En el relato de Lucas aparece con claridad su trasfondo eucarístico: Toma los panes, alza los ojos al cielo, los bendice, los parte y se los da a los discípoulos. Solo quedan al final unos pedacitos. El pan tiene que saciar a todos.
En la antigüedad, compartir el pan era un signo o sacramento de la vida, con potencialidad de crear y fortalecer sentimientos traducidos en la vida cotidiana en comportamientos de auténtica solidaridad. Por eso lo usa Jesús en su cena de despedida. En el transcurso de la historia, el núcleo de todo culto eucarístico es la presencia de Jesús en el pan y en el vino: “Esto es mi cuerpo”, “Esta es mi sangre”, que en arameo, la lengua que él habló, equivale a decir:
“Esto soy yo”, y que, trascendiendo todo literarismo, Jesús no se refiere a la “materialidad” del cuerpo, como parece haber entendido cierta teología posterior, sino a toda su persona, a su ser total. Cuando Jesús dice “esto es mi cuerpo/esta es mi sangre”, no contempla únicamente el pan y el vino materiales que tiene ante sus ojos. Nos está diciendo que lo Divino está encarnado en lo humano, en toda la realidad existente, y que todo es sagrado. El pan y el vino simbolizan toda la humanidad, el cosmos entero. Y esos símbolos tendrían que llevarnos a descubrir la presencia de Cristo en todo y en todos.
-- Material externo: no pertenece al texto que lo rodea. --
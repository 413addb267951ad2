// Solves lines at the limits, of every length from 2 to 64, and holds each residual to the grade.
#![tactic(auto)]

mod lines;
mod random;
mod tally;

use line::elimination::Elimination;
use line::solver::LineSolver;
use lines::random_lines;
use random::Random;
use std::io;
use tally::Tally;

// A family's name and what came of its lines.
fn show(rt: &impl Print, name: &str, tally: &Tally) -> io::Result<()> {
    println!(rt; "{name}: {tally}")
}

// The same, and the worst residual: only where exact fractions settle it beforehand.
fn show_worst(rt: &impl Print, name: &str, tally: &Tally) -> io::Result<()> {
    show(rt, name, tally)?;
    println!(rt; "  worst residual {}", tally.worst)
}

fn main(rt: HostRuntime) -> io::Result<()> {
    let grade = Elimination::GRADE;
    println!(rt; "elimination, grade {grade}, lines of 2 to 64 numbers up to 5000000 either way")?;
    show_worst(&rt, "constant", &lines::constant())?;
    show_worst(&rt, "alternating", &lines::alternating())?;
    show_worst(&rt, "single peak", &lines::single_peak())?;
    let mut random = Random::new(1);
    let signs = random_lines(&mut random, Random::extreme);
    show(&rt, "random signs", &signs)?;
    let numbers = random_lines(&mut random, Random::number);
    show(&rt, "random numbers", &numbers)
}
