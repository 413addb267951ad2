// The families of lines, each for every length from 2 to 64.
use crate::random::Random;
use crate::tally::Tally;
use line::solver::{LIMIT, LONGEST, SHORTEST};
use std::array;

// All numbers at one limit, then all at the other.
pub(crate) fn constant() -> Tally {
    starts(&[[LIMIT; LONGEST], [-LIMIT; LONGEST]])
}

// From limit to limit at each place, from the one and from the other.
pub(crate) fn alternating() -> Tally {
    starts(&[alternation(LIMIT, -LIMIT), alternation(-LIMIT, LIMIT)])
}

fn alternation(first: i64, second: i64) -> [i64; LONGEST] {
    array::from_fn(|i| if i % 2 == 0 { first } else { second })
}

// The start of each of these lines, at every length.
fn starts(lines: &[[i64; LONGEST]]) -> Tally {
    let mut tally = Tally::default();
    for n in SHORTEST..=LONGEST {
        for line in lines {
            tally.take(&line[..n]);
        }
    }
    tally
}

// One number at a limit, the rest 0, at each place and at both limits.
pub(crate) fn single_peak() -> Tally {
    let mut tally = Tally::default();
    for n in SHORTEST..=LONGEST {
        for place in 0..n {
            tally.take(&peak(place, LIMIT)[..n]);
            tally.take(&peak(place, -LIMIT)[..n]);
        }
    }
    tally
}

fn peak(place: usize, height: i64) -> [i64; LONGEST] {
    array::from_fn(|i| if i == place { height } else { 0 })
}

// Ten lines of each length, their numbers drawn at random.
pub(crate) fn random_lines<F: Fn(&mut Random) -> i64>(random: &mut Random, draw: F) -> Tally
    requires { F.IsAlwaysCallable draw }
{
    let mut tally = Tally::default();
    for n in SHORTEST..=LONGEST {
        for _ in 0..10u8 {
            tally.take(&random.line(&draw)[..n]);
        }
    }
    tally
}
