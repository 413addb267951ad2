// A seeded generator, so that every run has the same lines. The program panel_bench has a generator of its own: the two draw other
// ranges, and a crate for ten lines would be no plainer.
use line::solver::{LIMIT, LONGEST};

#[derive(Drop)]
pub(crate) struct Random {
    state: u64,
}

impl Random {
    pub(crate) fn new(seed: u64) -> Random {
        Random { state: seed }
    }

    // The next 31 bits of a linear congruence.
    fn bits(&mut self) -> u32 {
        self.state = self
            .state
            .wrapping_mul(6364136223846793005)
            .wrapping_add(1442695040888963407);
        (self.state >> 33) as u32
    }

    // A number from -5,000,000 to 5,000,000.
    pub(crate) fn number(&mut self) -> i64 {
        i64::from(self.bits() % 10_000_001) - LIMIT
    }

    // 5,000,000 or its negative.
    pub(crate) fn extreme(&mut self) -> i64 {
        if self.bits() % 2 == 0 { LIMIT } else { -LIMIT }
    }

    // 64 numbers, drawn one after the other.
    pub(crate) fn line<F: Fn(&mut Random) -> i64>(&mut self, draw: &F) -> [i64; LONGEST]
        requires { F.IsAlwaysCallable draw.now }
    {
        let mut line = [0; LONGEST];
        for number in line.iter_mut() {
            *number = draw(self);
        }
        line
    }
}
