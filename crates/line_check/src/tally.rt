// Solved lines, counted, with the residuals worked out again from the rule.
ghost use Rattle.std.specs.Prelude.{◌≡◌, ◌<◌, ◌≤◌, length};

use line::elimination::Elimination;
use line::solver::{LONGEST, LineSolver};
use std::fmt;

// How many lines and places came, the worst residual, and how many places missed the grade.
#[derive(Default, Drop)]
pub(crate) struct Tally {
    lines: u32,
    places: u32,
    pub(crate) worst: u64,
    missed: u32,
}

impl fmt::Display for Tally {
    fn fmt<W: fmt::Write>(&self, f: &mut fmt::Formatter<W>) -> fmt::Result {
        write!(f, "{} lines, {} places, ", self.lines, self.places)?;
        write!(f, "beyond the grade {}", self.missed)
    }
}

impl Tally {
    // Solves a line of at most 64 numbers and counts it; one that is refused counts as missed.
    pub(crate) fn take(&mut self, line: &[i64])
        requires { length line.now ≤ LONGEST }
    {
        // Room for the longest line, so that no heap is asked for.
        let mut room = [0; LONGEST];
        let answer = &mut room[..line.len()];
        self.lines = self.lines.saturating_add(1);
        match Elimination.solve(line, answer) {
            Ok(()) => self.weigh(line, answer),
            Err(_) => self.miss(),
        }
    }

    // Counts every place of a solved line.
    fn weigh(&mut self, line: &[i64], answer: &[i64])
        requires { length answer.now ≡ length line.now }
    {
        for (i, number) in line.iter().enumerate() {
            self.places = self.places.saturating_add(1);
            match residual(*number, answer, i) {
                Some(r) => self.note(r.unsigned_abs()),
                None => self.miss(),
            }
        }
    }

    fn note(&mut self, size: u64) {
        self.worst = self.worst.max(size);
        if size > u64::from(Elimination::GRADE) {
            self.miss();
        }
    }

    fn miss(&mut self) {
        self.missed = self.missed.saturating_add(1);
    }
}

// The number before, four times its own and the number after, the ends doubled, less six times the line's; none if that overflows.
fn residual(number: i64, answer: &[i64], i: usize) -> Option<i64>
    requires { i < length answer.now }
{
    let own = answer[i];
    let before = answer[i.saturating_sub(1)];
    let after = answer.get(i + 1).copied().unwrap_or(own);
    own.checked_mul(4)?
        .checked_add(before)?
        .checked_add(after)?
        .checked_sub(number.checked_mul(6)?)
}
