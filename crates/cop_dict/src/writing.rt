//! Reads, writes and resets of objects that rise by index and sub.

ghost use Rattle.std.specs.Prelude.{◌≡◌, ◌<◌, IfOk, IfErr, MatchResult, Ok, Err, true, length, slice_index_or};
ghost use Rattle.std.specs.Option.{ForSome};
ghost use Rattle.cop_dict.specs.declared.abort.Abort.TheVariants.{NoMemory};
ghost use Rattle.cop_dict.specs.Types.{width_of};
ghost use Rattle.cop_dict.specs.Find.{Entry, is_at, IsSorted};
ghost use Rattle.cop_dict.specs.Dict.{HasWidth, Grows, FitsAt, Follows, Reads, Writes, read_of, written, admitted, with_value, initial, initial_communication};

use crate::abort::Abort;
use crate::object::Object;
use crate::pdo::refused_by_pdos;
use crate::search::{found_in, place_of};

pub fn read_in(objects: &[Object], index: u16, sub: u8) -> Result<&[u8], Abort>
    requires { IsSorted objects.now }
    ensures { Reads (λ bytes. bytes.now) result (read_of objects.now index sub) }
{
    let place = found_in(objects, index, sub)?;
    let object = &objects[place];
    match object.description().refused_read() {
        Some(abort) => Err(abort),
        None => Ok(object.value()),
    }
}

pub fn admits_in(
    objects: &[Object],
    index: u16,
    sub: u8,
    size: Option<usize>,
) -> Result<Option<usize>, Abort>
    requires { IsSorted objects.now }
    ensures { result ≡ admitted objects.now index sub size }
{
    let place = found_in(objects, index, sub)?;
    let description = objects[place].description();
    match description.refused_size(size) {
        Some(abort) => Err(abort),
        None => Ok(description.data_type.width()),
    }
}

/// The place of the object that may be written with these bytes, or the first rule against it.
fn writable_in(objects: &[Object], index: u16, sub: u8, bytes: &[u8]) -> Result<usize, Abort>
    requires { IsSorted objects.now }
    ensures inside { IfOk result (λ i. i < length objects.now) }
    ensures place { IfOk result (λ i. (d : Entry) → is_at index sub (slice_index_or objects.now i d) ≡ true) }
    ensures fits { IfOk result (λ i. (d : Entry) → ForSome (width_of (slice_index_or objects.now i d).description.data_type) (λ width. length bytes.now ≡ width)) }
    ensures lawful { MatchResult result
        (λ _. written objects.now index sub bytes.now ≡ Ok (with_value index sub bytes.now objects.now))
        (λ abort. written objects.now index sub bytes.now ≡ Err abort) }
{
    let place = found_in(objects, index, sub)?;
    let object = &objects[place];
    if let Some(abort) = object.description().refused_write(bytes) {
        return Err(abort);
    }
    match refused_by_pdos(objects, object, bytes) {
        Some(abort) => Err(abort),
        None => Ok(place),
    }
}

pub fn write_in(objects: &mut [Object], index: u16, sub: u8, bytes: &[u8]) -> Result<(), Abort>
    requires { IsSorted objects.old }
    ensures exact { Writes result objects.old objects.new (written objects.old index sub bytes.now) }
    ensures in_place { HasWidth objects.old index sub → Follows result objects.new (written objects.old index sub bytes.now) }
    ensures memory { IfErr result (λ abort. abort ≡ NoMemory → Grows objects.old index sub bytes.now) }
    ensures sorted { IsSorted objects.new }
{
    let place = writable_in(objects, index, sub, bytes)?;
    objects[place].set(bytes)
}

pub fn store_in(objects: &mut [Object], index: u16, sub: u8, bytes: &[u8])
    requires sorted { IsSorted objects.old }
    requires fits { FitsAt objects.old index sub bytes.now }
    ensures value { objects.new ≡ with_value index sub bytes.now objects.old }
    ensures sorted { IsSorted objects.new }
{
    if let Some(place) = place_of(objects, index, sub) {
        objects[place].replace(bytes);
    }
}

pub fn reset_in(objects: &mut [Object])
    requires { IsSorted objects.old }
    ensures value { objects.new ≡ initial objects.old }
    ensures sorted { IsSorted objects.new }
{
    for object in objects.iter_mut() {
        object.reset();
    }
}

pub fn reset_communication_in(objects: &mut [Object])
    requires { IsSorted objects.old }
    ensures value { objects.new ≡ initial_communication objects.old }
    ensures sorted { IsSorted objects.new }
{
    for object in objects.iter_mut() {
        object.reset_communication();
    }
}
Por consiguiente, la Eucaristía es la celebración de la unidad de todos y de todo en Dios. Para las primeras comunidades cristianas, como lo atestigua Pablo, el pan eucarístico era vínculo de unión: “Si el pan es uno solo y todos compartimos ese único pan, todos formamos un solo cuerpo” (1 Cor 10, 17). Este es el sentido primordial de la Eucaristía. En realidad podemos decir que “comulgar” el Cuerpo de Cristo es comulgar, no solo con todos los hermanos y hermanas, sino con todo lo que alienta y vive. Porque la Eucaristía no es un simple rito aparte de la vida.
Es la celebración de la alianza o pacto de unidad de Dios con toda la creación. Aunque el “ojo de la carne” no pueda percibirlo, somos una misteriosa e indivisible comunión. Celebrada y vivida así la Eucaristía, podemos al menos atisbar que toda la vida es Eucaristía, en el sentido más genuino de la palabra, es decir, una acción de gracias.
La festividad del Corpus Christi puede despertar en nosotros ecos la la Unidad olvidada que somos, y ayudarnos a tomar cada día más conciencia de la apremiante necesidad de construir con gestos cotidianos y concretos la fraternidad y sororidad, sobre todo con los hombres mujeres más vulnerables y excluidos de nuestra sociedad Porque éste fue y sigue siendo el sueño más acariciado de Jesús, que tan insistente y amorosamente pidió al Padre: “Que todos sean uno, lo mismo que lo somos tú y yo” (Jn 17, 21).